← April 8, 2027 edition

pollinate

AI agents for the supply chain

Pollinate Wants to Fix Supply Chain Procurement With AI Agents Instead of Spreadsheets

AISupply ChainSaaSB2B

The Macro: Supply Chains Run on Email and Hope

Supply chain management is a multitrillion-dollar function that still operates like it is 2005. ERPs exist, sure. SAP, Oracle, NetSuite. They store data. But the actual execution of procurement work happens in email, spreadsheets, and Slack messages. A purchasing manager places an order, tracks it in a spreadsheet, matches invoices to POs by hand, and chases suppliers via email when something goes wrong.

Three-way matching alone is a perfect example. Every purchase order needs to match against a goods receipt and a supplier invoice. When these three documents align, payment gets approved. When they do not, someone has to figure out why. This process generates enormous amounts of manual work, delays payments, and creates friction with suppliers. At scale, companies have entire teams dedicated to nothing but matching documents that should match automatically.
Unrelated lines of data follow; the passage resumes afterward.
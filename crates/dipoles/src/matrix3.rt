// Three by three numbers, by columns.
ghost use Rattle.std.specs.Prelude.{◌≡◌};
ghost use Rattle.std.specs.Float.{binary32};
ghost use Rattle.shapes.specs.Values as Shapes;
ghost use Rattle.spec_dipoles.specs.Matrices as Matrices;
ghost use Rattle.dipoles.specs.Values as Values;

use shapes::vec3::Vec3;

#[derive(Clone, Copy)]
pub struct Matrix3 {
    pub x: Vec3,
    pub y: Vec3,
    pub z: Vec3,
}

impl Matrix3 {
    // f of both columns, for each column.
    fn zip<F: Fn(Vec3, Vec3) -> Vec3>(self, b: Matrix3, f: F) -> Matrix3
        requires { F.IsAlwaysCallable f }
        ensures x { F.post f self.x b.x result.x }
        ensures y { F.post f self.y b.y result.y }
        ensures z { F.post f self.z b.z result.z }
    {
        Matrix3 {
            x: f(self.x, b.x),
            y: f(self.y, b.y),
            z: f(self.z, b.z),
        }
    }

    // The sum, entry by entry.
    pub fn plus(self, b: Matrix3) -> Matrix3
        ensures { Values.as_matrix result ≡ Matrices.added binary32 (Values.as_matrix self) (Values.as_matrix b) }
    {
        self.zip(b, Vec3::plus)
    }

    // The difference, entry by entry.
    pub fn minus(self, b: Matrix3) -> Matrix3
        ensures { Values.as_matrix result ≡ Matrices.less binary32 (Values.as_matrix self) (Values.as_matrix b) }
    {
        self.zip(b, Vec3::minus)
    }

    // Each entry divided by s.
    // Kept: (d) alone of its kind, so `self.map(|v| v.over(s))` would want a `map` of twelve lines that nothing else calls.
    pub fn over(self, s: f32) -> Matrix3
        ensures { Values.as_matrix result ≡ Matrices.over binary32 (Values.as_matrix self) s }
    {
        Matrix3 {
            x: self.x.over(s),
            y: self.y.over(s),
            z: self.z.over(s),
        }
    }

    // The nine products added to zero, down each column, columns from the left.
    pub fn dot(self, b: Matrix3) -> f32
        ensures { result ≡ Matrices.dot_of binary32 (Values.as_matrix self) (Values.as_matrix b) }
    {
        down_column(
            down_column(down_column(0.0, self.x, b.x), self.y, b.y),
            self.z,
            b.z,
        )
    }
}

// A sum, and then the three products down a column.
fn down_column(sum: f32, a: Vec3, b: Vec3) -> f32
    ensures { result ≡ Matrices.down_column binary32 sum (Shapes.as_point a) (Shapes.as_point b) }
{
    sum + a.x * b.x + a.y * b.y + a.z * b.z
}

// Nine zeros.
pub fn zeros() -> Matrix3
    ensures { Values.as_matrix result ≡ Matrices.zeros }
{
    let origin = Vec3::splat(0.0);
    Matrix3 {
        x: origin,
        y: origin,
        z: origin,
    }
}

// Column a times row b.
pub fn outer(a: Vec3, b: Vec3) -> Matrix3
    ensures { Values.as_matrix result ≡ Matrices.outer binary32 (Shapes.as_point a) (Shapes.as_point b) }
{
    Matrix3 {
        x: a.scale(b.x),
        y: a.scale(b.y),
        z: a.scale(b.z),
    }
}

// The identity times s, entry by entry.
pub fn identity_times(s: f32) -> Matrix3
    ensures { Values.as_matrix result ≡ Matrices.identity_times binary32 s }
{
    let on = 1.0 * s;
    let off = 0.0 * s;
    Matrix3 {
        x: Vec3 {
            x: on,
            y: off,
            z: off,
        },
        y: Vec3 {
            x: off,
            y: on,
            z: off,
        },
        z: Vec3 {
            x: off,
            y: off,
            z: on,
        },
    }
}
The existing tools in this space are either massive ERP modules that take months to implement or point solutions that handle one piece of the puzzle. Coupa does procurement well. SAP Ariba handles supplier management. But integrating these systems together and making them work with the messy reality of how procurement actually happens is where everything breaks down.

The Micro: Apps and Agents Built Around How You Operate

Adeep Mitra and Corey Berther founded Pollinate. Adeep previously built and scaled an agency to five figures and organized community events with major artist partnerships. Corey attended coding camps from age 12 and operated electrical and software agencies. They are a two-person team from YC Winter 2026 working with Ankit Gupta.

Pollinate is live and processing over $100K in purchasing volume through automated workflows. The product builds on top of existing ERP systems, which is the right architectural decision. Nobody wants to rip out their ERP. They want their ERP to be smarter.

The platform handles vendor management with integrated search and three-way invoice reconciliation, procurement tracking with real-time lead time visibility, change management that propagates engineering change orders to purchasing and vendors instantly, and receiving operations with live inbound tracking.

What I find interesting is the “apps and agents” framing. Pollinate lets teams build custom applications and agents around their specific operational workflows. This is different from a rigid SaaS product that forces you into its workflow. It is more like a platform that adapts to how your team actually works. That flexibility is important in supply chain because every company’s procurement process is slightly different.

The Verdict

Pollinate is solving a real problem in a massive market. The pain of manual procurement operations is universal. Every company that buys physical goods deals with it. The AI agent approach is compelling because procurement involves a lot of structured document processing that AI handles well.

The competitive challenge is that SAP, Oracle, and Coupa all have AI initiatives. If they build good enough AI features natively, the value of a separate procurement agent platform diminishes. But “good enough” from an ERP vendor usually means basic automation, not the kind of intelligent agent behavior that Pollinate is building.

In 30 days, I want to see the accuracy rate on three-way matching. What percentage of matches are correct without human intervention? In 60 days, the question is whether procurement teams are actually using Pollinate daily or whether it is a tool they check occasionally. In 90 days, I want to know the average time saved per purchase order. If the answer is significant, Pollinate sells itself through word of mouth.